Instructions for the task: Reproduce all of the data exactly as written.

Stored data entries
....

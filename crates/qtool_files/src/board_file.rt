//! The file in which a monitor reads the quotas of a service.
ghost use Rattle.std.specs.Prelude.{◌≡◌, None, false};

use crate::Files;
use crate::counted_board::text_of;
use crate::seen_counts::SeenCounts;
use qplain::{Board, Setup};
use qrun::Monitor;
use qtext_client::Counts;
use std::alloc::Global;
use std::thread;
use std::time::{Clock, Duration};

/// As long at least, in milliseconds, a board stands in its file before the next takes its place.
const PAUSE: u64 = 100;

/// For so long, in milliseconds, workers are given way to before a board that is due is published without them.
const MOMENT: u64 = 1;

/// A file that holds the board shown last, and behind it what the service has counted, whole at any time. Where it
/// refuses once, no further board is written.
#[derive(Drop)]
pub struct BoardFile<'a, F: Files, R: Clock> {
    alloc: Global,
    clock: &'a R,
    files: &'a mut F,
    name: &'a str,
    setup: Setup,
    counts: SeenCounts<'a>,
    /// The text of the board shown last.
    shown: Option<Vec<u8>>,
    refused: bool,
}

/// What is left of a file for boards: the files, and whether it has refused, or the last board is missing.
#[derive(Drop)]
pub struct ShownBoards<'a, F: Files> {
    pub files: &'a mut F,
    pub refused: bool,
}

impl<'a, F: Files, R: Clock> BoardFile<'a, F, R> {
    /// A file of this name that has shown no board. Boards are spelled with the names of the setup, what stands behind
    /// them was counted there, and it waits by the clock.
    pub fn new(
        alloc: Global,
        clock: &'a R,
        files: &'a mut F,
        name: &'a str,
        setup: Setup,
        counts: &'a Counts,
    ) -> BoardFile<'a, F, R>
        ensures { (result.files.ghost_name ≡ files.entry.ghost_name) × (F.held result.files.now ≡ F.held files.old)
            × (result.name.now ≡ name.now) × (result.setup ≡ setup) × (result.shown ≡ None)
            × (result.refused ≡ false) }
    {
        BoardFile {
            alloc,
            clock,
            files,
            name,
            setup,
            counts: SeenCounts::new(counts),
            shown: None,
            refused: false,
        }
    }
}

impl<'a, F: Files + Send, R: Clock> Monitor for BoardFile<'a, F, R> {
    ghost use Rattle.std.specs.Prelude.{option_map};
    ghost use Rattle.qtool_files.specs.BoardFiles.{IsBoardFile};

    type Left = ShownBoards<'a, F>;

    ghost sees = { λ f boards left. IsBoardFile f.setup f.name.now
        (record { refused = f.refused; shown = option_map (λ t. t.items) f.shown; held = F.held f.files.now })
        boards left.refused (F.held left.files.now) };

    /// Writes the board shown last once more, where none is new and something was counted.
    fn wait(&mut self) {
        if !self.refused
            && self.counts.is_due(self.clock)
            && let Some(text) = &self.shown
        {
            match self.files.show_board(self.name, text, &self.counts.last) {
                Ok(()) => {}
                Err(_) => self.refused = true,
            }
        }
        thread::sleep(self.clock, Duration::from_millis(PAUSE));
    }

    fn give_way(&mut self) {
        thread::sleep(self.clock, Duration::from_millis(MOMENT));
    }

    fn miss(&mut self) {
        self.refused = true;
    }

    /// Writes the board as a draft, and puts that in the place of the board before.
    fn show(&mut self, board: &Board) {
        if self.refused {
            return;
        }
        let Ok(text) = text_of(self.alloc, &self.setup, board) else {
            self.refused = true;
            return;
        };
        self.counts.look_for_board(self.clock);
        match self.files.show_board(self.name, &text, &self.counts.last) {
            Ok(()) => self.shown = Some(text),
            Err(_) => self.refused = true,
        }
    }

    /// Writes the board shown last once more, where something was counted since.
    fn end(self) -> ShownBoards<'a, F> {
        let BoardFile {
            clock,
            files,
            name,
            mut counts,
            shown,
            refused,
            ..
        } = self;
        if refused || !counts.look(clock) {
            return ShownBoards { files, refused };
        }
        let Some(text) = shown else {
            return ShownBoards { files, refused };
        };
        match files.show_board(name, &text, &counts.last) {
            Ok(()) => ShownBoards { files, refused },
            Err(_) => ShownBoards {
                files,
                refused: true,
            },
        }
    }
}
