//! What a service has counted, as it is looked at now and then.

use qtext_client::Counts;
use qtext_metrics::ServiceCounts;
use std::time::Clock;

/// What a service had counted when it was looked at last. The last call was made no later than the look that saw it,
/// and after the look before that.
#[derive(Drop)]
pub(crate) struct SeenCounts<'a> {
    counts: &'a Counts,
    pub(crate) last: ServiceCounts,
    /// Whether that look was for a board, and none was due since.
    is_new: bool,
}

impl<'a> SeenCounts<'a> {
    /// What was counted so far, by no call.
    pub(crate) fn new(counts: &'a Counts) -> Self {
        SeenCounts {
            counts,
            last: counts.counted(0),
            is_new: false,
        }
    }

    /// Looks again, by this clock. It tells whether anything was counted since the last look.
    pub(crate) fn look<R: Clock>(&mut self, clock: &R) -> bool {
        let mut now = self.counts.counted(self.last.last_call);
        if now == self.last {
            return false;
        }
        if now.calls != self.last.calls
            && let Ok(moment) = clock.since_1970()
        {
            now.last_call = moment.as_secs();
        }
        self.last = now;
        true
    }

    /// Looks again, for a board that is new.
    pub(crate) fn look_for_board<R: Clock>(&mut self, clock: &R) {
        self.look(clock);
        self.is_new = true;
    }

    /// Looks again, unless the last look was for a board: that is not looked at twice without a pause. It tells whether
    /// anything was counted since.
    pub(crate) fn is_due<R: Clock>(&mut self, clock: &R) -> bool {
        if self.is_new {
            self.is_new = false;
            return false;
        }
        self.look(clock)
    }
}
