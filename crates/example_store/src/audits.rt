//! A recount of rows from anywhere, held against records.
ghost use Rattle.std.specs.Prelude.{◌≡◌, ◌^◌, ◌≤◌, length, IfOk};
ghost use Rattle.qaudit.specs.Differences.{differences_of};
ghost use Rattle.qaudit.specs.Recount.{recount_of};

use qaudit::{Difference, NoMemory, compare, recount};
use qrules::{InodeRow, NameRow, RecordRow};
use std::alloc::Global;

/// All that a recount of these rows finds otherwise than it is recorded, in its order.
pub(crate) fn check(
    alloc: Global,
    inodes: &[InodeRow],
    names: &[NameRow],
    records: &[RecordRow],
) -> Result<Vec<Difference>, NoMemory>
    requires { length inodes.now ≤ 2 ^ 32 }
    ensures { IfOk result (λ found. found.items ≡ differences_of (recount_of inodes.now names.now) records.now) }
{
    let counts = recount(alloc, inodes, names)?;
    compare(alloc, &counts, records)
}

....

Task response:
filename crates/qtool_files/src/board_file.rt
//! The file in which a monitor reads the quotas of a service.
ghost use Rattle.std.specs.Prelude.{◌≡◌, None, false};

use crate::Files;
use crate::counted_board::text_of;
use crate::seen_counts::SeenCounts;
use qplain::{Board, Setup};
use qrun::Monitor;
use qtext_client::Counts;
use std::alloc::Global;
use std::thread;
use std::time::{Clock, Duration};

/// As long at least, in milliseconds, a board stands in its file before the next takes its place.
const PAUSE: u64 = 100;

/// For so long, in milliseconds, workers are given way to before a board that is due is published without them.
const MOMENT: u64 = 1;

/// A file that holds the board shown last, and behind it what the service has counted, whole at any time. Where it
/// refuses once, no further board is written.
#[derive(Drop)]
pub struct BoardFile<'a, F: Files, R: Clock> {
    alloc: Global,
    clock: &'a R,
    files: &'a mut F,
    name: &'a str,
    setup: Setup,
    counts: SeenCounts<'a>,
    /// The text of the board shown last.
    shown: Option<Vec<u8>>,
    refused: bool,
}

/// What is left of a file for boards: the files, and whether it has refused, or the last board is missing.
#[derive(Drop)]
pub struct ShownBoards<'a, F: Files> {
    pub files: &'a mut F,
    pub refused: bool,
}

impl<'a, F: Files, R: Clock> BoardFile<'a, F, R> {
    /// A file of this name that has shown no board. Boards are spelled with the names of the setup, what stands behind
    /// them was counted there, and it waits by the clock.
    pub fn new(
        alloc: Global,
        clock: &'a R,
        files: &'a mut F,
        name: &'a str,
        setup: Setup,
        counts: &'a Counts,
    ) -> BoardFile<'a, F, R>
        ensures { (result.files.ghost_name ≡ files.entry.ghost_name) × (F.held result.files.now ≡ F.held files.old)
            × (result.name.now ≡ name.now) × (result.setup ≡ setup) × (result.shown ≡ None)
            × (result.refused ≡ false) }
    {
        BoardFile {
            alloc,
            clock,
            files,
            name,
            setup,
            counts: SeenCounts::new(counts),
            shown: None,
            refused: false,
        }
    }
}

impl<'a, F: Files + Send, R: Clock> Monitor for BoardFile<'a, F, R> {
    ghost use Rattle.std.specs.Prelude.{option_map};
    ghost use Rattle.qtool_files.specs.BoardFiles.{IsBoardFile};

    type Left = ShownBoards<'a, F>;

    ghost sees = { λ f boards left. IsBoardFile f.setup f.name.now
        (record { refused = f.refused; shown = option_map (λ t. t.items) f.shown; held = F.held f.files.now })
        boards left.refused (F.held left.files.now) };

    /// Writes the board shown last once more, where none is new and something was counted.
    fn wait(&mut self) {
        if !self.refused
            && self.counts.is_due(self.clock)
            && let Some(text) = &self.shown
        {
            match self.files.show_board(self.name, text, &self.counts.last) {
                Ok(()) => {}
                Err(_) => self.refused = true,
            }
        }
        thread::sleep(self.clock, Duration::from_millis(PAUSE));
    }

    fn give_way(&mut self) {
        thread::sleep(self.clock, Duration::from_millis(MOMENT));
    }

    fn miss(&mut self) {
        self.refused = true;
    }

    /// Writes the board as a draft, and puts that in the place of the board before.
    fn show(&mut self, board: &Board) {
        if self.refused {
            return;
        }
        let Ok(text) = text_of(self.alloc, &self.setup, board) else {
            self.refused = true;
            return;
        };
        self.counts.look_for_board(self.clock);
        match self.files.show_board(self.name, &text, &self.counts.last) {
            Ok(()) => self.shown = Some(text),
            Err(_) => self.refused = true,
        }
    }

    /// Writes the board shown last once more, where something was counted since.
    fn end(self) -> ShownBoards<'a, F> {
        let BoardFile {
            clock,
            files,
            name,
            mut counts,
            shown,
            refused,
            ..
        } = self;
        if refused || !counts.look(clock) {
            return ShownBoards { files, refused };
        }
        let Some(text) = shown else {
            return ShownBoards { files, refused };
        };
        match files.show_board(name, &text, &counts.last) {
            Ok(()) => ShownBoards { files, refused },
            Err(_) => ShownBoards {
                files,
                refused: true,
            },
        }
    }
}
//! What a service has counted, as it is looked at now and then.

use qtext_client::Counts;
use qtext_metrics::ServiceCounts;
use std::time::Clock;

/// What a service had counted when it was looked at last. The last call was made no later than the look that saw it,
/// and after the look before that.
#[derive(Drop)]
pub(crate) struct SeenCounts<'a> {
    counts: &'a Counts,
    pub(crate) last: ServiceCounts,
    /// Whether that look was for a board, and none was due since.
    is_new: bool,
}

impl<'a> SeenCounts<'a> {
    /// What was counted so far, by no call.
    pub(crate) fn new(counts: &'a Counts) -> Self {
        SeenCounts {
            counts,
            last: counts.counted(0),
            is_new: false,
        }
    }

    /// Looks again, by this clock. It tells whether anything was counted since the last look.
    pub(crate) fn look<R: Clock>(&mut self, clock: &R) -> bool {
        let mut now = self.counts.counted(self.last.last_call);
        if now == self.last {
            return false;
        }
        if now.calls != self.last.calls
            && let Ok(moment) = clock.since_1970()
        {
            now.last_call = moment.as_secs();
        }
        self.last = now;
        true
    }

    /// Looks again, for a board that is new.
    pub(crate) fn look_for_board<R: Clock>(&mut self, clock: &R) {
        self.look(clock);
        self.is_new = true;
    }

    /// Looks again, unless the last look was for a board: that is not looked at twice without a pause. It tells whether
    /// anything was counted since.
    pub(crate) fn is_due<R: Clock>(&mut self, clock: &R) -> bool {
        if self.is_new {
            self.is_new = false;
            return false;
        }
        self.look(clock)
    }
}
filename crates/example_store/src/audits.rt
//! A recount of rows from anywhere, held against records.
ghost use Rattle.std.specs.Prelude.{◌≡◌, ◌^◌, ◌≤◌, length, IfOk};
ghost use Rattle.qaudit.specs.Differences.{differences_of};
ghost use Rattle.qaudit.specs.Recount.{recount_of};

use qaudit::{Difference, NoMemory, compare, recount};
use qrules::{InodeRow, NameRow, RecordRow};
use std::alloc::Global;

/// All that a recount of these rows finds otherwise than it is recorded, in its order.
pub(crate) fn check(
    alloc: Global,
    inodes: &[InodeRow],
    names: &[NameRow],
    records: &[RecordRow],
) -> Result<Vec<Difference>, NoMemory>
    requires { length inodes.now ≤ 2 ^ 32 }
    ensures { IfOk result (λ found. found.items ≡ differences_of (recount_of inodes.now names.now) records.now) }
{
    let counts = recount(alloc, inodes, names)?;
    compare(alloc, &counts, records)
}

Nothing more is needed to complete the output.